La decisión de Menno de seguir las Escrituras tuvo
lugar probablemente alrededor del año
1528.
Esto no le llevó al inmediato abandono de la Iglesia
Católica, pues al principio disentía con ella únicamente en lo concerniente
a la misa, y no dudaba que podía seguir siendo un católico leal y enseñar un
nuevo punto de vista dentro de la Iglesia. Así pues, como todos los demás
reformadores, no se precipitó a cambiar su afiliación a la Iglesia.

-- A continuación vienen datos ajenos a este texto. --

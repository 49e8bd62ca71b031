//! Laws of kinds. Each function takes and does nothing; its contract is the law.
ghost use Rattle.std.specs.Prelude.{◌≡◌, ◌<◌, ◌^◌, ℕ, Some, false, true};
ghost use Rattle.generic_dialect.specs.Kinds.{kind_of, number_of, IsKind};
ghost use Rattle.generic_dialect.specs.Implemented.{implements};
ghost use Rattle.generic_dialect.specs.declared.kinds.Kind.{Kind};

use generic_table::laws::pure_operations_are_safe;

/// A number stands for one kind, and a kind that has a number has one alone.
pub fn kinds_and_numbers()
    ensures there { (number : ℕ) → number < 2 ^ 32 → number_of (kind_of number) ≡ Some number }
    ensures back { (kind : Kind) (number : ℕ) → IsKind kind → number_of kind ≡ Some number → kind_of number ≡ kind }
{}

/// A kind that is pure ends no block.
pub fn pure_kinds_are_safe()
    ensures { (kind : ℕ) → implements kind 6 ≡ true → implements kind 1 ≡ false }
{
    pure_operations_are_safe();
}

Semejante cambio hubiera significado el abandono de una buena posición con
su generosa entrada, y Menno "amaba demasiado al mundo, y el mundo a él",
como decía más tarde, para dar un paso tan radical. El hecho es que estaba
todavía lejos de una comprensión real del Evangelio, lejos de una
conversión espiritual. Los años subsiguientes, desde
1528
a
1531,
fueron sin embargo, años de gradual iluminación. Ha
dicho de sus experiencias durante este tiempo: "por la iluminación y la
gracia del Señor crecí en el conocimiento de las Escrituras y pronto fui
considerado por algunos, aunque inmerecidamente, como un predicador
evangélico, a saber, uno que predica sermones basados en las Escrituras".
Algunos empezaron a acudir a él "porque se decía que predicaba la Palabra de
Dios y era un buen hombre".
El progreso de Menno en el Evangelio fue lento. Uno de
los pilares de su fe católica se había derrumbado: la misa; pero no
obstante continuaba sin ningún temor celebrándola como antes. Aparentemente
era todavía un sacerdote leal. Nunca hubiera abandonado la Iglesia Católica
a no haber sido que un segundo puntal de su fe católica se vino abajo: el
bautismo. El derrumbamiento de este segundo pilar se produjo gradualmente.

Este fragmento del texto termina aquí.